The result of her studies was a mixed one. It was necessary, it seemed, to construct the North American home in so many contradictory methods, or else fail forever of life, liberty, and the pursuit of happiness, that Corona felt herself to be laboring under a chronic aberration of mind.... Then the plans. Well, the plans, it must be confessed, Corona did find it difficult to understand. She always had found it difficult to understand such things; but then she had hoped several weeks of close architectural study would shed light upon the density of the subject. She grew quite morbid about it. She counted the steps when she went up-stairs to bed at night. She estimated the bedroom post when she walked in the cold, gray dawn....

But the most perplexing thing about the plans was how one story ever got upon another.
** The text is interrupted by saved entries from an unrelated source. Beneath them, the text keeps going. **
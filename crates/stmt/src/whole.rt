// Program: Newlines, Lines each with Newlines around, end.
ghost use Rattle.std.specs.Prelude.{[], ◌∷◌, ℕ, ◌+◌, ◌*◌, ◌≤◌, length};
ghost use Rattle.pyhyeon.specs.Machine.{list};
ghost use Rattle.pyhyeon.specs.Rules.{Program};
ghost use Rattle.pyhyeon.specs.Tables.{depth};
ghost use Rattle.lookahead.specs.Tokens.{eof_at, Tokens};
ghost use Rattle.leaves.specs.Contract.{a_node, Rules, Parts, Ready};
ghost use Rattle.stmt.specs.Parts.{start, program_end};

use crate::{DEPTH, lines};
use leaves::{Added, Parsed, Refused, State};
use token::{NodeNumber, TokenNumber};

// Program: Newlines (none or more), Lines each with Newlines around, end.
fn rule_program(src: &[u8], toks: &[u32], tree: &mut [u32], left: u32, s: State) -> Parsed
    requires { Ready src.now toks.now tree.old s 0 }
    ensures { Rules src.now toks.now left Program a_node s tree.old result tree.new }
{
    let at = lookahead::skip_newlines(src, toks, s.at);
    let on = State {
        at,
        opened: s.opened + 1,
        ..s
    };
    if lookahead::begins_line(lookahead::symbol_at(src, toks, at)) {
        let Added(first, after) = lines(src, toks, tree, left, on)?;
        end(src, toks, tree, first, after)
    } else {
        end(src, toks, tree, NodeNumber(ast::NONE_NODE), on)
    }
}

// The end, and the Program of the lines from `first` on, which may be none.
fn end(src: &[u8], toks: &[u32], tree: &mut [u32], first: NodeNumber, s: State) -> Parsed
    requires { Ready src.now toks.now tree.old s 1 }
    ensures { (room : ℕ) → Parts src.now toks.now room program_end (list first.0 ∷ []) a_node s tree.old result tree.new }
{
    if lookahead::is_symbol(lookahead::symbol_at(src, toks, s.at), token::EOF) {
        Ok(stmt_leaves::put_program(src, tree, first, s))
    } else {
        Err(Refused::Misfit(s))
    }
}

// The tree of a script's tokens: Program, opened once, with room for 64 E and Block.
pub fn program(src: &[u8], toks: &[u32], tree: &mut [u32]) -> Parsed
    requires tokens { Tokens src.now toks.now }
    requires toks_in_bounds { 16 * eof_at toks.now + 16 ≤ length tree.old }
    ensures { Rules src.now toks.now depth Program a_node start tree.old result tree.new }
{
    let s = State {
        at: TokenNumber(0),
        nodes: 0,
        opened: 0,
        used: 0,
    };
    rule_program(src, toks, tree, DEPTH, s)
}
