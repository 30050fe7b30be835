// One token, or its test: what stands in no cycle.
ghost use Rattle.std.specs.Prelude.{◌≡◌, [], ◌∷◌, ◌+◌, ◌^◌, ◌<◌, ◌≤◌};
ghost use Rattle.grammar.specs.Sets.{mem};
ghost use Rattle.token.specs.Code.{Newline};
ghost use Rattle.pyhyeon.specs.Rules.{names};
ghost use Rattle.pyhyeon.specs.Tables.{first_line};
ghost use Rattle.lookahead.specs.Tokens.{eof_at, symbol_at, Tokens};
ghost use Rattle.stmt.specs.Taking.{Takes};
ghost use Rattle.stmt.specs.Parts.{leading};

use leaves::{Refused, State};

// The state past the token there, if that fits.
fn past_if(fits: bool, s: State) -> Result<State, Refused>
    requires { s.at.0 + 1 < 2 ^ 32 }
    ensures { Takes fits s result }
{
    if fits {
        Ok(leaves::past(s))
    } else {
        Err(Refused::Misfit(s))
    }
}

// The state past the token there, if that is this symbol.
pub(crate) fn take(src: &[u8], toks: &[u32], symbol: u32, s: State) -> Result<State, Refused>
    requires tokens { Tokens src.now toks.now }
    requires at_bound { s.at.0 ≤ eof_at toks.now }
    ensures { Takes (mem (symbol_at src.now toks.now s.at.0) (symbol ∷ [])) s result }
{
    past_if(
        lookahead::is_symbol(lookahead::symbol_at(src, toks, s.at), symbol),
        s,
    )
}

// The same, if it is a name.
pub(crate) fn take_name(src: &[u8], toks: &[u32], s: State) -> Result<State, Refused>
    requires tokens { Tokens src.now toks.now }
    requires at_bound { s.at.0 ≤ eof_at toks.now }
    ensures { Takes (mem (symbol_at src.now toks.now s.at.0) names) s result }
{
    past_if(lookahead::is_name(lookahead::symbol_at(src, toks, s.at)), s)
}

// Whether the symbol can begin Lines, or a Newline before them.
pub(crate) fn begins_lines(symbol: u32) -> bool
    ensures { result ≡ mem symbol (Newline ∷ first_line) }
{
    lookahead::is_symbol(symbol, token::NEWLINE) || lookahead::begins_line(symbol)
}

// Whether the symbol is the keyword of a Method, or of an Elif.
pub(crate) fn leads(symbol: u32, methods: bool) -> bool
    ensures { result ≡ mem symbol (leading methods ∷ []) }
{
    lookahead::is_symbol(symbol, if methods { token::DEF } else { token::ELIF })
}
Corona's imagination never fully grappled with this fact, although her intellect accepted it. She took her books down-stairs one night, and Susy came and looked them over.

"Why, these houses are all one-story," said Susy. "Besides, they're nothing but lines, anyway. I shouldn't draw a house so."

Corona laughed with some embarrassment and no effort at enlightenment. She was not used to finding herself and Susy so nearly on the same intellectual level as in this instance. She merely asked: "How should you draw it?"

"Why, so," said Susy, after some severe thought. So she took her little blunt lead pencil, that the baby had chewed, and drew her plan as follows:

SUSY'S PLAN

Corona made no comment upon this plan, except to ask Susy if that were the way to spell L; and then to look in the dictionary, and find that it was not spelled at all. Tom came in, and asked to see what they were doing.

"I'm helping Corona," said Susy, with much complacency. "These architects' things don't look any more like houses than they do like the first proposition in Euclid; and the poor girl is puzzled."